Office diet is a popular weight loss plan for employees. Here are several interesting proposals for meals, and some tips and tricks.
As much as you rush to work, do not miss breakfast. The first installment may be lightweight, but also energy-rich, to have enough power for the day.
– Mix 50 g raisins, half a sliced pear (or other fruit), 2 tablespoons oatmeal and pour 75 g low-fat yogurt
– One piece of dark bread, light dietary margarine, over that place the slice of ham and grated carrot
– Mix the kiwi, half a banana, a little lemon juice and pour a spoon of honey
– One grated apple mixed with 4 tablespoons of cornflakes and pour half a cup of milk
PROPOSALS FOR DINNER
Spaghetti with meat
Heat a tablespoon of olive oil and saute 100 g of ground beef. Add half an onion, half a red pepper, 50 g celery, salt and pepper. Make the sauce from yoghurt and garlic cloves and mix with cooked spaghetti.

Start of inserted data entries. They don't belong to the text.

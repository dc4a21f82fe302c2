ghost use Rattle.std.specs.Prelude.{◌≡◌, map, take, nat_lt, length, true, Some, IfOk};
ghost use Rattle.std.specs.List.{All};
ghost use Rattle.std.specs.Option.{option_copied};
ghost use Rattle.gd_item.specs.Children.{first_children, has_more_children};
ghost use Rattle.gd_item.specs.Inventory.{live_at};
ghost use Rattle.gd_item.specs.Records.{record_with};
ghost use Rattle.gd_item.specs.Refusals.{folder_refusal as not_folder};

use super::Items;
use crate::look::{is_a_folder, is_known};
use crate::record::record_of;
use gd_item::{Item, LiveItem, StoreFault};
use gd_names::{List, NoMemory, Text};

impl Items {
    ghost use Rattle.gd_store.specs.Stands.{Answers};

    /// The records of these items, with the paths of their folders.
    fn records_of(&self, items: &[&LiveItem]) -> Result<Vec<Item>, NoMemory>
        requires { All (λ item. live_at item.now.number self.now.items ≡ Some item.now) items.now }
        ensures { IfOk result (λ records. records.items ≡ map (λ item. record_with true self.now item.now) items.now) }
    {
        let mut records = Vec::new(self.alloc);
        for item in items {
            let made = record_of(self.alloc, &self.index, *item, true)?;
            records.push(made)?;
        }
        Ok(records)
    }

    /// The records of the first of these items, at most so many.
    fn first_records(&self, items: Vec<&LiveItem>, most: u64) -> Result<List<Item>, NoMemory>
        requires { All (λ item. live_at item.now.number self.now.items ≡ Some item.now) items.items }
        ensures { IfOk result (λ records. records ≡ map (λ item. record_with true self.now item.now) (take most items.entry.items)) }
    {
        let mut first = items;
        first.truncate(most as usize);
        let records = self.records_of(first.as_slice())?;
        Ok(List::from_vec(records))
    }

    /// The first children of a folder that follow a name, and whether there are more.
    fn list_found(
        &self,
        number: u64,
        after: Option<&Text>,
        most: u64,
    ) -> Result<(List<Item>, bool), NoMemory>
        ensures { IfOk result (λ found. (found.0 ≡ first_children number (option_copied after.entry) most self.now)
            × (found.1 ≡ has_more_children number (option_copied after.entry) most self.now)) }
    {
        // One more tells whether more follow.
        let count = (most as usize).saturating_add(1);
        let found = self.index.children(number, after, count)?;
        let more = most < found.as_slice().len() as u64;
        let records = self.first_records(found, most)?;
        Ok((records, more))
    }

    /// The first children of a folder that follow a name, and whether there are more, or why they are not listed.
    pub fn list_children(
        &self,
        number: u64,
        after: Option<&Text>,
        most: u64,
    ) -> Result<(List<Item>, bool), StoreFault>
        ensures { Answers (not_folder self.now number) result (λ found. (found.0 ≡ first_children number (option_copied after.entry) most self.now)
            × (found.1 ≡ has_more_children number (option_copied after.entry) most self.now)) }
    {
        if !is_known(&self.index, number) {
            return Err(StoreFault::NotFound);
        }
        if !is_a_folder(&self.index, number) {
            return Err(StoreFault::NotFolder);
        }
        let found = self.list_found(number, after, most)?;
        Ok(found)
    }
}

Salted chicken breasts, one red, one yellow pepper and a small onion finely chopped. Fry all in olive oil.
Avoid: Cream soup, salad with mayonnaise, fried sausages, French fries, potato croquettes.
AT THE LUNCH BREAK IN A RESTAURANT
Eat clear soup with vegetables, boiled vegetables, fresh salad with a dressing of vinegar and oil, meat, rice or pasta with vegetables, mozzarella with tomatoes, salad, seafood, grilled fish.
- When you come to work, fill a 2 liters bottle with water and drink it during the working hours. If you leave a job post, be sure to bring water with you.
- No matter if your colleagues at lunchtime will order a large pizza, be resolute and order something from the above diet menu.
- If you get hungry, do not give up on a diet. You can always run to the store and buy the bag of muesli, fruit and yogurt.